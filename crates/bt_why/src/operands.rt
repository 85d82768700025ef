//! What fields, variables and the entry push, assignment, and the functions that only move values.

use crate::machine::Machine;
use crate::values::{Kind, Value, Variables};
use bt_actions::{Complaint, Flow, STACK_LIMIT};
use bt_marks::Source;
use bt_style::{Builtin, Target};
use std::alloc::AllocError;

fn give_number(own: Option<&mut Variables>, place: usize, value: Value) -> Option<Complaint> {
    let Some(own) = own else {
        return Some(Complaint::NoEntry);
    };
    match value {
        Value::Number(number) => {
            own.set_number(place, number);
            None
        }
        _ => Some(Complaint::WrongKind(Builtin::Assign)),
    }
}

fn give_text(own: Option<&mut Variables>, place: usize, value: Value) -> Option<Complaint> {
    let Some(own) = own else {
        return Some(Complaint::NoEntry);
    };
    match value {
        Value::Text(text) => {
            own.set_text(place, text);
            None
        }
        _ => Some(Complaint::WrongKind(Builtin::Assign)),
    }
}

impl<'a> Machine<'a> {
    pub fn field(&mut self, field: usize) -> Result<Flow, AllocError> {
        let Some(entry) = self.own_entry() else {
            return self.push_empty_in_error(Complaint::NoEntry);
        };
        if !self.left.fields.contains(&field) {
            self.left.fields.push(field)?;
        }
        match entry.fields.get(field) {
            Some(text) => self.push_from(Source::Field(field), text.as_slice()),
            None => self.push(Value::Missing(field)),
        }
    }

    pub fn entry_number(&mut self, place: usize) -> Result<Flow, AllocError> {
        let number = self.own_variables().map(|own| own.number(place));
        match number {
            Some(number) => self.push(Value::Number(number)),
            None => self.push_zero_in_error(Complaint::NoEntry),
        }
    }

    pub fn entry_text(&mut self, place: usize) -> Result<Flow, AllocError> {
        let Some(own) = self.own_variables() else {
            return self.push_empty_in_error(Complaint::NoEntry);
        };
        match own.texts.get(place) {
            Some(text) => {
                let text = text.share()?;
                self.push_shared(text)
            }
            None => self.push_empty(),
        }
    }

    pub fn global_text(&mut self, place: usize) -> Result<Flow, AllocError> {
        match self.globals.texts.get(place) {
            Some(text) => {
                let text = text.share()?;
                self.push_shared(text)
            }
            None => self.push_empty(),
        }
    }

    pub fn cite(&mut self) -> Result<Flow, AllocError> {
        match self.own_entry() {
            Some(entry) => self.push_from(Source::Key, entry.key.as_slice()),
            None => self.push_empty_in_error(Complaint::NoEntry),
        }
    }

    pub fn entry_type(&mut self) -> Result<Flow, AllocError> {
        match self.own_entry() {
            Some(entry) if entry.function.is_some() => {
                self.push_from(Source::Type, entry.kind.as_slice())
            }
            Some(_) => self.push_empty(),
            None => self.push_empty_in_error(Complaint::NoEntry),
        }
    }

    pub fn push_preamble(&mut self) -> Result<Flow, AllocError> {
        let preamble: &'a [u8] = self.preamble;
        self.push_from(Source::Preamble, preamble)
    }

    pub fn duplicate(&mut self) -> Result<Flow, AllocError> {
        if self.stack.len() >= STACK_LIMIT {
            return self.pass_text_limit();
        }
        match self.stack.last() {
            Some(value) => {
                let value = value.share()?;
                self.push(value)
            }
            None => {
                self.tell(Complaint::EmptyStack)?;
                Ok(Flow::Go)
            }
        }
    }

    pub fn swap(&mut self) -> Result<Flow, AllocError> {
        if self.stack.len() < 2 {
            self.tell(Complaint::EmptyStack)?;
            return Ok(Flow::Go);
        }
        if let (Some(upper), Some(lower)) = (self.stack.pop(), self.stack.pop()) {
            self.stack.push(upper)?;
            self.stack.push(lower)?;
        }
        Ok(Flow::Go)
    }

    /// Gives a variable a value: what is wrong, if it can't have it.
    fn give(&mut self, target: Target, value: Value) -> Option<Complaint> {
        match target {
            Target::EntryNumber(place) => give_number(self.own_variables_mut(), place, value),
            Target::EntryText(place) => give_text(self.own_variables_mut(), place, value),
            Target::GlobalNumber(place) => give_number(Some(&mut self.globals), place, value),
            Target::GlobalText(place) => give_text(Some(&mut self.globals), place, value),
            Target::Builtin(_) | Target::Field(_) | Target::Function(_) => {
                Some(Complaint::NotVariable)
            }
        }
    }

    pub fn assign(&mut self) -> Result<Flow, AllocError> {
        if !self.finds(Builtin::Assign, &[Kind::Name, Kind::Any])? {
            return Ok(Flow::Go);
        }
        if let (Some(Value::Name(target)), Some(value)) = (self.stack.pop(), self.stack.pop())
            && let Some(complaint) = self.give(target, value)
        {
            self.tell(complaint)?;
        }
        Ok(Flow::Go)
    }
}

· · ·

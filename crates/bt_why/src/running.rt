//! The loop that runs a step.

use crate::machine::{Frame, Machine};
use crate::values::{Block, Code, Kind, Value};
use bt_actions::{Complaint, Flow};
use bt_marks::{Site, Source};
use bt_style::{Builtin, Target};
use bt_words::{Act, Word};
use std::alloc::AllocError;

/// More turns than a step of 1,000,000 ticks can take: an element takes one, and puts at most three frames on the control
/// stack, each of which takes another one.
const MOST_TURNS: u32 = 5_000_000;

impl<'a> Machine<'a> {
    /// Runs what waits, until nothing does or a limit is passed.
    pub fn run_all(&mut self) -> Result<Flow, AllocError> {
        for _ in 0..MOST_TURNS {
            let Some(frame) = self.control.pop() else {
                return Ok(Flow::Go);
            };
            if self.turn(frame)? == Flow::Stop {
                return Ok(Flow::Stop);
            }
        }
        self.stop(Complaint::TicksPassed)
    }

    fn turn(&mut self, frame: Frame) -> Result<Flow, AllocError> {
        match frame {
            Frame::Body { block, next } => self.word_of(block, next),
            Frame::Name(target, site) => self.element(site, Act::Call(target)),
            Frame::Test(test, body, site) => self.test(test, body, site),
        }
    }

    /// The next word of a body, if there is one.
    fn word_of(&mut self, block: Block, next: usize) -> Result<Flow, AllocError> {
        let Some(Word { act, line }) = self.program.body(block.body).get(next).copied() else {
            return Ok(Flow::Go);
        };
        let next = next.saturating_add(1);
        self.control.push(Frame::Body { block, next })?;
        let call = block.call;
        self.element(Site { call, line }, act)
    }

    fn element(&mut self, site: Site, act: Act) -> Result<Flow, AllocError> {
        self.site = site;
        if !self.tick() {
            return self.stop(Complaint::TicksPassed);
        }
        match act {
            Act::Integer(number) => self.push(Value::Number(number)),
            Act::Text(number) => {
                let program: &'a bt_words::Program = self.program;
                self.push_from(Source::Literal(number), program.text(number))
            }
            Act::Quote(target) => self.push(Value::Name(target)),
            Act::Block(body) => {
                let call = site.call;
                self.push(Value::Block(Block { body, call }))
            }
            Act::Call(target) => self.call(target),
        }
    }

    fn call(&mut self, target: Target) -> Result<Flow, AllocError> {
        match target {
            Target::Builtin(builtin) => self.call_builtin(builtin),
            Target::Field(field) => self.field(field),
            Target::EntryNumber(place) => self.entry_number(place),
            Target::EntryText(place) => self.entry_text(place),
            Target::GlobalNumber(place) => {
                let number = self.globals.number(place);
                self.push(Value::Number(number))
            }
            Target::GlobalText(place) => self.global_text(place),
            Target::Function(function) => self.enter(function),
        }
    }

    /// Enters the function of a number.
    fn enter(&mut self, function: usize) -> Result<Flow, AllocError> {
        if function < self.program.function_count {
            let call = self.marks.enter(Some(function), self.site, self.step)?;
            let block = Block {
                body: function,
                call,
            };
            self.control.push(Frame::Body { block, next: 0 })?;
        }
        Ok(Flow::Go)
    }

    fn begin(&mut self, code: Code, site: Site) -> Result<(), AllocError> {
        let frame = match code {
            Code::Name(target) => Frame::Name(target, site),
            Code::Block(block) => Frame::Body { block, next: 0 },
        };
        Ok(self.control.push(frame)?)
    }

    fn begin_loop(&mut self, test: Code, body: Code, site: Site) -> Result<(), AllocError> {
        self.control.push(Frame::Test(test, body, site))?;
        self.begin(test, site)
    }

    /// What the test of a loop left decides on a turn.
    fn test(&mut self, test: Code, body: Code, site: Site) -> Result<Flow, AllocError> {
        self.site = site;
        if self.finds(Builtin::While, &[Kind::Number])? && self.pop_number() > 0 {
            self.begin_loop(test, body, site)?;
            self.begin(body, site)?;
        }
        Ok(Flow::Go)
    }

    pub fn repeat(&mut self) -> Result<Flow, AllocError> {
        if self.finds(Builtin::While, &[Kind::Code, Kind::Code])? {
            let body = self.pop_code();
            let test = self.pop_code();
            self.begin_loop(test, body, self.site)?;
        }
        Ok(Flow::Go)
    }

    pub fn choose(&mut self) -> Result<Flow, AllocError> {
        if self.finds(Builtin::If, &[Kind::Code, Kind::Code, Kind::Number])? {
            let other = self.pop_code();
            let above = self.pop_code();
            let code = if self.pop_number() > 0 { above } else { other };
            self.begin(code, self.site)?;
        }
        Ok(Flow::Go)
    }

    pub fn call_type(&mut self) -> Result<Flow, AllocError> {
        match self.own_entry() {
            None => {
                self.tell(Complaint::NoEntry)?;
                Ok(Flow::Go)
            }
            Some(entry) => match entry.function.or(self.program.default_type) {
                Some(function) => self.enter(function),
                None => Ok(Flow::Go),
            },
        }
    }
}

· · ·

- **About this exercise**
Find and copy each line above holding "that".

- **Exercise answer**
//! What fields, variables and the entry push, assignment, and the functions that only move values.
//! The loop that runs a step.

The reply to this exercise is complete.